Saved entries:
*****

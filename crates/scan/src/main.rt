// Reads a block of a disc from standard input, judges every row and every column of it, decodes each row once, and
// prints the work done.

#![tactic(auto)]

mod listing;

use crate::listing::Unmarked;
use anyhow::Context;
use discs::{DiscCodes, disc_codes};
use job_rules::Kind;
use jobs::Job;
use scanning::{COLUMNS, Judgement, ROWS, count, judge, judging_work};
use std::io::Read;

// A block and one byte more, by which a longer input is told.
const ENOUGH: u64 = (ROWS * COLUMNS + 1) as u64;

fn show(rt: &HostRuntime, judgement: &Judgement) -> anyhow::Result<()> {
    let sound_rows = count(&judgement.rows);
    let other_rows = Unmarked(&judgement.rows);
    println!(rt; "rows: {sound_rows} of {ROWS} are codewords; not: {other_rows}")?;
    let sound_columns = count(&judgement.columns);
    let other_columns = Unmarked(&judgement.columns);
    println!(rt; "columns: {sound_columns} of {COLUMNS} are codewords; not: {other_columns}")?;
    let done = judging_work();
    let symbols = done.symbols;
    let by_rows = done.row_syndromes;
    let by_columns = done.column_syndromes;
    println!(rt;
        "work: {symbols} symbols through {by_rows} syndromes by rows and through {by_columns} by columns"
    )?;
    Ok(())
}

// Decodes each row by itself once, and prints what that came to.
fn mend_rows(rt: &HostRuntime, block: &mut [u8], codewords: usize) -> anyhow::Result<()> {
    let DiscCodes { rows, columns } = disc_codes(rt.alloc()).context("no memory for the codes")?;
    let mut job = Job::new(rows, columns);
    match job.pass(block, Kind::Row) {
        Ok(pass) => {
            let stuck = pass.stuck;
            let bytes = pass.effort.changes;
            let mended = pass
                .effort
                .decodings
                .saturating_sub(codewords as u64)
                .saturating_sub(stuck);
            println!(rt;
                "rows decoded: {codewords} were codewords, {mended} mended at {bytes} bytes, {stuck} stuck"
            )?;
        }
        Err(why) => {
            let number = u8::from(why);
            println!(rt; "refused {number}: the row pass")?;
        }
    }
    Ok(())
}

fn run(rt: &HostRuntime) -> anyhow::Result<()> {
    let mut block = Vec::new(rt.alloc());
    let _ = rt.stdin().take(ENOUGH).read_to_end(&mut block)?;
    match judge(&block) {
        Ok(judgement) => {
            show(rt, &judgement)?;
            mend_rows(rt, &mut block, count(&judgement.rows))
        }
        Err(why) => {
            let number = u8::from(why);
            println!(rt; "refused {number}: {why}")?;
            Ok(())
        }
    }
}

fn main(rt: HostRuntime) -> anyhow::Result<()> {
    run(&rt)
}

*****

§ Work to be completed
Go through the entries above and copy out every line that includes the word "show".

§ Answer space
fn show(rt: &HostRuntime, judgement: &Judgement) -> anyhow::Result<()> {
            show(rt, &judgement)?;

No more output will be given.